> Records from a dataset

###

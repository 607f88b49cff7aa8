//! This module reports errors. For each error, the module writes an error message and returns the exit status.
ghost use Rattle.std.specs.Prelude.{◌≡◌, ◌≤◌, IsTrue, OnOk, OnErr};
ghost use Rattle.std.specs.Io.KnownBytes.{Appends};
ghost use Rattle.autfmt.specs.Stream.{AppendsPrefix, CountsFailure};
ghost use Rattle.autbis.specs.Programs.{EndsWords};
ghost use Rattle.autbis.specs.Reports.{IsWordStatus, status_of};
ghost use Rattle.autbis.specs.Runs.{used};

use arguments::WordFault;
use autfmt::{Broken, Fault, Sink, put_all};
use std::io::Write;

/// Writes a message about the error `f` to `e`, and returns the exit status of this error: 5 for `Device`, 4 for
/// `Memory`, and 2 otherwise. If the contents of a file or of standard input are incorrect, the message contains the
/// name `name`.
pub fn report<E: Write>(f: &Fault, name: &str, e: &mut E) -> u8
    ensures status { result ≡ status_of f.now }
{
    let _ = match f {
        Fault::Device | Fault::Memory => writeln!(e, "autbis: {f}"),
        _ => writeln!(e, "autbis: {name}: {f}"),
    };
    exit_status(f)
}

/// Returns the exit status of a minimisation or a comparison that ended with the error `f`.
fn exit_status(f: &Fault) -> u8
    ensures { result ≡ status_of f.now }
{
    match f {
        Fault::Device => 5,
        Fault::Memory => 4,
        _ => 2,
    }
}

/// Writes to `e` the message that the file `name` cannot be opened, and returns the exit status 5.
pub fn cannot_open<E: Write>(name: &str, e: &mut E) -> u8
    ensures status { result ≡ 5 }
{
    let _ = writeln!(e, "autbis: {name}: cannot open");
    5
}

/// Writes to `e` a message about the reason `f` why the command line does not lead to a job, and returns the exit
/// status. The status is 3 if an argument is incorrect or the relation is unknown, and 4 if memory ran out. If the
/// command line asks for help or for the version, the function writes the requested text to `o` and flushes `o`. In
/// this case, the status is 0 if the text was written, and nothing is written to `e`. If the text cannot be written,
/// the status is 5, and an error message is written to `e`.
pub fn report_words<O: Write, E: Write>(f: &WordFault, o: &mut O, e: &mut E) -> u8
    ensures status { IsWordStatus (O.contents o.old) (O.contents o.new) f.now result }
    ensures silent { result ≤ 1 → e.new ≡ e.old }
{
    match f {
        WordFault::Help(text) => {
            if say(text.as_bytes(), o) && o.flush().is_ok() {
                0
            } else {
                report(&Fault::Device, "", e)
            }
        }
        WordFault::Usage(text) => report_usage(text, e),
        WordFault::Relation(word) => report_unknown(word, e),
        WordFault::Memory => report(&Fault::Memory, "", e),
    }
}

/// Does the same as `report_words`, except that the text for help or for the version is written to the sink `w` (the
/// object to which the output is written). After the text has been written, the function calls `w.finish` once.
pub fn answer_words<W: Sink, E: Write>(f: &WordFault, w: &mut W, e: &mut E) -> u8
    requires { W.failures w.old ≡ 0 }
    ensures ends { EndsWords (used W.written W.failures w.old w.new) f.now result }
    ensures silent { result ≤ 1 → e.new ≡ e.old }
{
    match f {
        WordFault::Help(text) => match put_whole(text.as_bytes(), w) {
            Ok(()) => 0,
            Err(_) => report(&Fault::Device, "", e),
        },
        WordFault::Usage(text) => report_usage(text, e),
        WordFault::Relation(word) => report_unknown(word, e),
        WordFault::Memory => report(&Fault::Memory, "", e),
    }
}

/// Writes to `e` the error message `text` about an incorrect command line, and returns the exit status 3.
fn report_usage<E: Write>(text: &str, e: &mut E) -> u8
    ensures { result ≡ 3 }
{
    let _ = e.write_all(text.as_bytes());
    3
}

/// Writes to `e` the message that no relation has the name `word`, and returns the exit status 3.
fn report_unknown<E: Write>(word: &str, e: &mut E) -> u8
    ensures { result ≡ 3 }
{
    let _ = writeln!(e, "autbis: unknown relation: {word}");
    3
}

/// Writes the bytes `b` to `e`. Stops when all bytes are written, when a write fails, or when a write writes no byte.
/// Returns whether all bytes were written.
pub fn say<E: Write>(b: &[u8], e: &mut E) -> bool
    ensures whole { IsTrue result → Appends (E.contents e.old) (E.contents e.new) b.now }
    ensures part { AppendsPrefix (E.contents e.old) (E.contents e.new) b.now }
{
    let mut rest = b;
    while !rest.is_empty() {
        let Ok(n) = e.write(rest) else {
            return false;
        };
        if n == 0 {
            return false;
        }
        rest = &rest[n..];
    }
    true
}

/// Writes all bytes of `b` to the sink `w` (the object to which the output is written), and then calls `w.finish` once.
///
/// # Errors
///
/// `Broken` if the sink failed. In this case, a prefix of `b` was written.
pub fn put_whole<W: Sink>(b: &[u8], w: &mut W) -> Result<(), Broken>
    requires { W.failures w.old ≡ 0 }
    ensures ok { OnOk result (Appends (W.written w.old) (W.written w.new) b.now) }
    ensures err { OnErr result (AppendsPrefix (W.written w.old) (W.written w.new) b.now) }
    ensures failures { CountsFailure result (W.failures w.new) }
{
    put_all(w, b)?;
    w.finish()
}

###

> The problem
Reproduce each line of the records in which the word "Broken" appears.

> Answer to the problem
use autfmt::{Broken, Fault, Sink, put_all};
/// `Broken` if the sink failed. In this case, a prefix of `b` was written.
pub fn put_whole<W: Sink>(b: &[u8], w: &mut W) -> Result<(), Broken>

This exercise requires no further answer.